To see what kind of credit students in past semesters have received for courses taken on this program, visit the SFS Costa Rica Course Equivalency List. Keep in mind you will need to complete the course equivalency process once you have been accepted to your program and after you have completed your registration abroad. Students may not fulfill GHA (General Health and Activity) general education requirements abroad. To obtain specific instructions on this process visit our Course Equivalencies page.
Housing and Meals
The Center for Sustainable Development Studies is a small farm on a hillside with spectacular views overlooking the Rio Grande River in the fertile Central Valley. The field station includes a large house, an outdoor classroom, an organic garden, a patio, and pool. Students live in a dormitory (up to four to a room) with bathrooms. There is a classroom, small laboratory, and a library/computer room with internet access. The field station is part of the small neighborhood of La Presa/Los Angeles. The friendly town of Atenas is a short walk from the field station while Costa Rica's tropical forests, beaches, mountains, and volcanoes are within a day's travel.
For more information on program costs, please be sure to review the Budget Sheets listed above. These budget sheets include information on costs that are billable to the bursar bill, as well as estimated additional costs. Costs vary by program, so it is important to review this information carefully. Please note that tuition rates above may vary depending on major and class standing.
Financial Aid & Scholarships
Penn State students studying through Education Abroad can use most components of their existing financial aid packages toward the cost of study abroad. This may include federal and state grants, VA educational benefits, federal student loans, and University scholarships and grants. Notable exceptions include work-study awards and some athletic scholarships.

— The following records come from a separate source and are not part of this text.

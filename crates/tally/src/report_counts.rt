//! The different values that the reports of one phase contain, each with its masks.
ghost use Rattle.std.specs.Prelude.{◌≡◌, ◌+◌, ◌≤◌, ◌<◌, [], true, false, length, slice_get, map, option_copied, vec_capacity, IfOk, IfSome};
ghost use Rattle.std.specs.Option.{option_map_or};
ghost use Rattle.std.specs.List.{find};
ghost use Rattle.ledger_model.specs.Values.{same_value};
ghost use Rattle.tally.specs.Tallies.{read_of};
ghost use Rattle.tally.specs.ReportMasks.{values_within, listed_value, numbered_value, is_of, is_numbered, holds_one, with_number, with_numbers};
ghost use Rattle.tally.specs.ReportMasks.{marked};

use crate::masks::with_bit;
use crate::places::Tally;
use crate::reported_value::{ReportedValue, ValueMasks};
use ledger_model::{Batch, ReplicaId, Report, SignedReport};
use std::alloc::{AllocError, Global};

/// The different values that the reports of one phase contain, each with a number, by where it was found first, and with its
/// masks.
#[derive(Drop)]
pub(crate) struct ReportCounts {
    pub(crate) values: Vec<ReportedValue>,
    /// The replicas that report that every value is proper.
    pub(crate) all: u16,
    /// The replicas that hold no lock.
    pub(crate) free: u16,
    /// The replicas that hold locks on one value alone.
    pub(crate) single: u16,
}

impl ReportCounts {
    ghost use Rattle.std.specs.Prelude.{◌≡◌, ◌+◌, ◌≤◌, ◌<◌, [], false, Some, length, option_copied, vec_capacity, IfOk};
    ghost use Rattle.std.specs.Option.{option_map_or};
    ghost use Rattle.std.specs.List.{find};
    ghost use Rattle.ledger_model.specs.Values.{same_value};
    ghost use Rattle.tally.specs.Tallies.{read_of};
    ghost use Rattle.ledger_model.specs.declared.statement.SignedReport.{SignedReport};
    ghost use Rattle.tally.specs.ReportMasks.{values_within, is_of, IsCountedWith};

    /// No values, with room for this many. The only error is allocation failure.
    pub(crate) fn new(alloc: Global, room: usize) -> Result<Self, AllocError>
        ensures none { IfOk result (λ counts. counts.values.items ≡ []) }
        ensures masks { IfOk result (λ counts. (counts.all ≡ 0) × (counts.free ≡ 0) × (counts.single ≡ 0)) }
        ensures room { IfOk result (λ counts. room ≤ vec_capacity counts.values) }
    {
        Ok(ReportCounts {
            values: Vec::with_capacity(alloc, room)?,
            all: 0,
            free: 0,
            single: 0,
        })
    }

    /// Removes all values. Allocates nothing.
    pub(crate) fn clear(&mut self)
        ensures none { self.new.values.items ≡ [] }
        ensures masks { (self.new.all ≡ 0) × (self.new.free ≡ 0) × (self.new.single ≡ 0) }
        ensures room { vec_capacity self.old.values ≤ vec_capacity self.new.values }
    {
        self.values.clear();
        self.all = 0;
        self.free = 0;
        self.single = 0;
    }

    /// The number of the value, with its masks, if it has one.
    pub(crate) fn numbered(
        &self,
        tally: &Tally<SignedReport>,
        value: &Batch,
    ) -> Option<&ReportedValue>
        ensures { option_copied result ≡ find (is_of tally.now value.now) self.now.values.items }
    {
        self.values
            .iter()
            .find(|reported| is_value(tally, reported, value))
    }

    /// Counts the report of a replica, which the tally has. There is room for its values. Allocates nothing.
    pub(crate) fn count(&mut self, tally: &Tally<SignedReport>, signer: ReplicaId)
        requires signer { signer < 16 }
        requires room { (s : SignedReport) → read_of tally.now signer ≡ Some s
            → length self.old.values.items + length (values_within s.report) ≤ vec_capacity self.old.values }
        ensures counted { (s : SignedReport) → read_of tally.now signer ≡ Some s → IsCountedWith tally.now signer s self.old self.new }
        ensures room { vec_capacity self.old.values ≤ vec_capacity self.new.values }
    {
        let Some(signed) = tally.get(signer) else {
            return;
        };
        let bit = 1 << signer.number();
        put_values(&mut self.values, tally, signer, &signed.report);
        mark_values(&mut self.values, tally, signed, bit);
        self.all = with_bit(self.all, signed.report.all, bit);
        self.free = with_bit(self.free, signed.report.locked.as_slice().is_empty(), bit);
        self.single = with_bit(self.single, holds_one(signed), bit);
    }
}

/// Whether the report lists locks, all on one value.
fn holds_one(signed: &SignedReport) -> bool
    ensures { result ≡ holds_one signed.now }
{
    let locked = signed.report.locked.as_slice();
    match locked.first() {
        Some(first) => locked.iter().all(|value| first == value),
        None => false,
    }
}

/// The value at this index of those within the report, if there is one.
fn value_within(report: &Report, index: usize) -> Option<&Batch>
    ensures { option_copied result ≡ slice_get (values_within report.now) index }
{
    if index == 0 {
        return Some(&report.initial);
    }
    let proper = report.proper.as_slice();
    match proper.get(index - 1) {
        Some(value) => Some(value),
        None => report.locked.as_slice().get(index - 1 - proper.len()),
    }
}

/// The value at this index of those within the report of a replica, if there is one.
fn value_at(tally: &Tally<SignedReport>, signer: ReplicaId, index: usize) -> Option<&Batch>
    ensures { option_copied result ≡ listed_value tally.now signer index }
{
    value_within(&tally.get(signer)?.report, index)
}

/// The value that was numbered.
pub(crate) fn value_of<'a>(
    tally: &'a Tally<SignedReport>,
    reported: &ReportedValue,
) -> Option<&'a Batch>
    ensures { option_copied result ≡ numbered_value tally.now reported.now }
{
    value_at(tally, reported.signer, reported.index)
}

/// Whether this is the numbered value.
fn is_value(tally: &Tally<SignedReport>, reported: &ReportedValue, value: &Batch) -> bool
    ensures { result ≡ is_of tally.now value.now reported.now }
{
    match value_of(tally, reported) {
        Some(found) => value == found,
        None => false,
    }
}

/// Whether the value has a number.
fn is_numbered(tally: &Tally<SignedReport>, values: &[ReportedValue], value: &Batch) -> bool
    ensures { result ≡ is_numbered tally.now values.now value.now }
{
    values
        .iter()
        .any(|reported| is_value(tally, reported, value))
}

/// Gives a number to the value at this index within a replica's report, unless it has one. There is room for it.
fn put_value(
    values: &mut Vec<ReportedValue>,
    tally: &Tally<SignedReport>,
    signer: ReplicaId,
    index: usize,
)
    requires { length values.old.items < vec_capacity values.old }
    ensures items { values.new.items ≡ with_number tally.now signer index values.old.items }
    ensures few { length values.new.items ≤ length values.old.items + 1 }
    ensures capacity { vec_capacity values.old ≤ vec_capacity values.new }
{
    let Some(value) = value_at(tally, signer, index) else {
        return;
    };
    if is_numbered(tally, values, value) {
        return;
    }
    let unmarked = ReportedValue {
        signer,
        index,
        masks: ValueMasks::NONE,
    };
    if values.push(unmarked).is_err() {
        unreachable!()
    }
}

/// Numbers the values within the report of a replica that have no number. There is room for them.
fn put_values(
    values: &mut Vec<ReportedValue>,
    tally: &Tally<SignedReport>,
    signer: ReplicaId,
    report: &Report,
)
    requires { length values.old.items + length (values_within report.now) ≤ vec_capacity values.old }
    ensures items { values.new.items ≡ with_numbers tally.now signer (length (values_within report.now)) values.old.items }
    ensures few { length values.new.items ≤ length values.old.items + length (values_within report.now) }
    ensures capacity { vec_capacity values.old ≤ vec_capacity values.new }
{
    let count = 1 + report.proper.as_slice().len() + report.locked.as_slice().len();
    for index in 0..count {
        put_value(values, tally, signer, index);
    }
}

/// Marks the values that a report contains, whose replica has this bit.
fn mark_values(
    values: &mut [ReportedValue],
    tally: &Tally<SignedReport>,
    signed: &SignedReport,
    bit: u16,
)
    ensures { values.new ≡ map (marked tally.now signed.now bit) values.old }
{
    for reported in values.iter_mut() {
        if let Some(value) = value_of(tally, reported) {
            reported.masks = reported.masks.marked_by(signed, bit, value);
        }
    }
}
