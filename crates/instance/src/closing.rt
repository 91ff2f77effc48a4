//! What an instance stores as a round opens.
ghost use Rattle.std.specs.Prelude.{◌≡◌, Some, IsTrue, true};
ghost use Rattle.ledger_model.specs.Notes.{signer_of, is_report, is_ack};
ghost use Rattle.ledger_model.specs.Locks.{lock_value};

use crate::height::Instance;
use crate::reading::into_ack;
use crate::round_plan::RoundEffects;
use crate::round_statement::{OwnFrame, Reserved, RoundStatement};
use ledger_model::{Ack, Batch, Place, Signature, SignedReport, Statement, place_of};
use lock_proofs::LockFrame;
use proper_sets::Proper;
use signed_frames::Frame;

impl Instance {
    ghost use Rattle.std.specs.Prelude.{◌≡◌, ◌<◌, ◌≤◌, ◌+◌, ◌++◌, ◌∷◌, List, [], Some, IsTrue, true};
    ghost use Rattle.ledger_model.specs.Notes.{Note, clock_of, signer_of, version_of, is_report, is_ack};
    ghost use Rattle.ledger_model.specs.Rules.{Ring};
    ghost use Rattle.ledger_model.specs.Spelling.{IsFrame};
    ghost use Rattle.ledger_model.specs.Locks.{or_else, lock_value};
    ghost use Rattle.instance.specs.Matching.{MatchesLog, IsSpelledSet};
    ghost use Rattle.instance.specs.Plans.{opened_effects, made_by, unsent_frames, closed, forgotten, with_all, with_own, IsOwnMade, placed};
    ghost use Rattle.instance.specs.Laws.{MayClose, IsSignedMade, IsFrameMade, opened_by};
    ghost use Rattle.instance.specs.Reads.{IsSameHeight};
    ghost use Rattle.ledger_model.specs.Limits.{last_round};

    /// Forgets what was read and made in a phase. Allocates nothing.
    fn forget_phase(&mut self)
        ensures { self.new ≡ forgotten self.old }
    {
        self.reports.clear();
        self.acks.clear();
        self.taken = None;
        self.made = None;
    }

    /// Replaces the set of proper values. Allocates nothing.
    fn put_proper(&mut self, proper: Proper)
        requires config { proper.config ≡ self.old.config }
        requires spelled { IsSpelledSet self.old.config.frames proper.set }
        ensures { self.new ≡ record self.old { proper = proper.set } }
    {
        self.proper = proper;
    }

    /// Stores the decided value, if none was decided before. Allocates nothing.
    fn put_decided(&mut self, decided: Option<Batch>)
        ensures { self.new ≡ record self.old { decided = or_else self.old.decided decided } }
    {
        if self.decided.is_none() {
            self.decided = decided;
        }
    }

    /// Stores the replica's own report, with its signature. Allocates nothing.
    fn put_report(&mut self, frame: Frame, signature: Signature)
        requires kind { IsTrue (is_report (λ r. true) frame.statement) }
        requires signature { signature ≡ frame.signature }
        requires own { signer_of frame.statement ≡ self.old.id }
        requires version { version_of frame.statement ≡ self.old.config.frames }
        ensures { self.new ≡ with_own frame self.old }
    {
        // This call shows the proof that the frame's statement can be encoded.
        let _ = frame.statement();
        let Statement::Report(report) = frame.into_statement() else {
            unreachable!()
        };
        self.reports.add(SignedReport { report, signature });
    }

    /// Stores the replica's own lock. Its value is passed twice: as the value of the lock that was made and, if the
    /// table has a place for the lock, as the value of the lock that was taken. Allocates nothing.
    fn put_lock(&mut self, frame: Frame, made: Batch, taken: Batch)
        requires made { lock_value frame.statement ≡ Some made }
        requires taken { lock_value frame.statement ≡ Some taken }
        requires version { version_of frame.statement ≡ self.old.config.frames }
        ensures { self.new ≡ with_own frame self.old }
    {
        // This call shows the proof that the frame's statement can be encoded.
        let _ = frame.statement();
        self.made = Some(made);
        if self.locks.take(LockFrame::of_own(frame)).is_ok() {
            self.taken = Some(taken);
        }
    }

    /// Stores the replica's own acknowledgement. Allocates nothing.
    fn put_ack(&mut self, ack: Ack)
        ensures { self.new ≡ record self.old { acks = placed self.old.acks self.old.id ack } }
    {
        self.acks.add(self.id, ack);
    }

    /// Stores a signed statement of the replica's own. Allocates nothing.
    fn put_own(&mut self, own: OwnFrame)
        requires own { signer_of own.statement ≡ self.old.id }
        requires version { version_of own.statement ≡ self.old.config.frames }
        ensures after { self.new ≡ with_own own self.old }
        ensures frame { IsFrame own }
    {
        let (frame, kept) = own.into_parts();
        match kept {
            Reserved::Report(signature) => self.put_report(frame, signature),
            Reserved::Lock(made, taken) => self.put_lock(frame, made, taken),
            Reserved::Ack => self.put_ack(into_ack(frame)),
        }
    }

    /// Stores what the replica makes. Allocates nothing.
    fn put_made(&mut self, made: RoundStatement, unsent: Option<Ack>)
        requires own { IsOwnMade self.old.config self.old.id made }
        ensures after { self.new ≡ with_all (made_by unsent made) self.old }
        ensures frame { IsFrameMade made }
    {
        match made {
            RoundStatement::Mute => return,
            RoundStatement::Unsent => {}
            RoundStatement::Sent(own) => self.put_own(own),
        }
        if let Some(ack) = unsent {
            self.put_ack(ack);
        }
    }

    /// Opens the next round. `clock` is the number of the round that closes. Stores what was prepared for its end, and
    /// what the replica makes in the new round. Allocates nothing.
    #[tactic(auto, unfolding(crate::specs::Plans::closed))]
    pub fn close(&mut self, ending: RoundEffects, made: RoundStatement, clock: u32)
        requires clock { clock < last_round }
        requires ending { ending ≡ opened_effects self.old (clock + 1) }
        requires own { IsOwnMade self.old.config self.old.id made }
        ensures row { self.new ≡ closed self.old (clock + 1) ending made }
        // For every log that the instance matched and that allows what is made: the instance then matches that log,
        // continued with the round and with what is made.
        ensures matches { (ring : Ring) (log : List Note) → MatchesLog ring self.old log → clock_of log ≡ clock
            → MayClose self.old log (clock + 1) made → IsSignedMade ring made
            → MatchesLog ring self.new (opened_by self.old log (clock + 1) made) }
        ensures same { IsSameHeight self.old self.new }
    {
        // This read opens the invariant for the proof: what the instance has can be encoded.
        let _ = &self.height;
        let (proper, decided, unsent) = ending.into_parts();
        if place_of(u64::from(clock) + 1) == Place::Reports {
            self.forget_phase();
        }
        if let Some(proper) = proper {
            self.put_proper(proper);
        }
        self.put_decided(decided);
        self.put_made(made, unsent);
    }
}
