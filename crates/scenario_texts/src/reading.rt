//! Reads a text as a scenario, line by line.
ghost use Rattle.std.specs.Prelude.{◌≡◌, ◌≢◌, ◌⊎◌, ◌∷◌, ◌++◌, ℕ, IfOk, IfErr, MatchOption, MatchResult, Ok, Err, option_map};
ghost use Rattle.scenario_texts.specs.Lawful.{IsPlan};
ghost use Rattle.scenario_texts.specs.Lines.{IsBadAt, IsUnbroken, SpellsPlan, counts};
ghost use Rattle.scenario_texts.specs.Plans.{Plan, plan_of};
ghost use Rattle.scenario_texts.specs.Reading.{limit_after};
ghost use Rattle.scenario_texts.specs.declared.fault.TextFault.TheVariants as fault;

use crate::fault::TextFault;
use crate::line_reading::next;
use crate::scenario::Scenario;
use ledger_model::{AppKinds, Version};
use std::alloc::Global;

/// The most lines of a text.
pub(crate) const MAX_LINES: u32 = 10_000;

/// The most bytes of a line after a line `frames 2`, and so of any line, without its line feed.
pub(crate) const MAX_LINE_LEN: usize = 1_300_000;

/// The most bytes of a line, without its line feed, if no line `frames 2` precedes it.
const SHORT_LINE_LEN: usize = 400_000;

/// The first line, without its line feed, and the text after it; `None` if there is no line feed.
fn first_line(text: &[u8]) -> Option<(&[u8], &[u8])>
    ensures { MatchOption result (IsUnbroken text.now) (λ cut. (text.now ≡ cut.0.now ++ 10 ∷ cut.1.now) × IsUnbroken cut.0.now) }
{
    let end = text.iter().position(|byte| *byte == b'\n')?;
    Some((&text[..end], &text[end + 1..]))
}

/// Whether the line counts: it is neither empty nor a comment, which starts with `#`.
fn counts(line: &[u8]) -> bool
    ensures { result ≡ counts line.now }
{
    !matches!(line, [] | [b'#', ..])
}

/// The most bytes that the next line may have without its line feed, after the lines that were read.
fn line_limit(so_far: &Option<Scenario>) -> usize
    ensures { result ≡ limit_after (option_map plan_of so_far.now) }
{
    match so_far {
        Some(scenario) if matches!(scenario.setup.config.frames, Version::Two) => MAX_LINE_LEN,
        _ => SHORT_LINE_LEN,
    }
}

/// The scenario that the text encodes (`docs/FORMATS.md`), for a program that has these kinds of applications: a cluster of
/// another kind is a bad line. If several lines are bad, the fault has the first.
pub fn read(alloc: Global, kinds: AppKinds, text: &[u8]) -> Result<Scenario, TextFault>
    ensures spelled { IfOk result (λ scenario. SpellsPlan kinds text.now (plan_of scenario)) }
    ensures lawful { IfOk result (λ scenario. IsPlan kinds (plan_of scenario)) }
    ensures only { (plan : Plan) → SpellsPlan kinds text.now plan
        → MatchResult result (λ scenario. plan_of scenario ≡ plan) (λ why. why ≡ fault.NoMemory) }
    ensures bad { IfErr result (λ why. (why ≡ fault.NoMemory) ⊎ ((n : ℕ) × ((why ≡ fault.BadLine n) × IsBadAt kinds text.now n))) }
{
    let mut so_far = None;
    let mut left = text;
    let mut number = 1;
    while let Some((line, rest)) = first_line(left) {
        let limit = line_limit(&so_far);
        if number > MAX_LINES || line.len() > limit {
            return Err(TextFault::BadLine(number));
        }
        if counts(line) {
            let Some(scenario) = next(alloc, kinds, so_far, line)? else {
                return Err(TextFault::BadLine(number));
            };
            so_far = Some(scenario);
        }
        left = rest;
        number += 1;
    }
    match so_far {
        Some(scenario) if left.is_empty() => Ok(scenario),
        _ => Err(TextFault::BadLine(number)),
    }
}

The University Office of Global Programs also administers a number of grants and scholarships. Eligibility is based on academic excellence and/or financial need. There is also funding available for study abroad programs in diverse locations and for students from diverse backgrounds. In most cases, applicants should have a current year FAFSA on file with the Office of Student Aid. Funding opportunities may also be available through Penn State academic departments. For detailed information on financial aid and scholarship opportunities and application procedures, please see Funding Study Abroad.
For More Information
For more information about this program and education abroad at Penn State, we encourage you to meet with our Peer Advisers. These study abroad returnees can explain program options, give an overview of the education abroad process, as well as provide information about his/her program. Students at University Park can also contact their International Coordinator within their college. If you're not at University Park, students at Commonealth Campuses can contact their Campus Global Representative.
To learn more about the specifics of this program, schedule an appointment with Whitney Strickler, the education abroad adviser for this program.
For the inside scoop on life in a foreign country, be sure to check out the GeoBlogs of Penn State students currently studying abroad.
How to Apply
If you would like to participate on this study abroad program, you will need to apply to Penn State Education Abroad by clicking the "Apply Now" button at the top of this page. You must complete the following materials in your application:
Education Abroad Questionnaire
1 academic recommendation
Visit the How to Apply section of our website for more information.
Please note that you will also be instructed to complete an application with the host provider as a part of your Penn State application either at time of application or upon acceptance. Applications open approximately one year before the program term begins.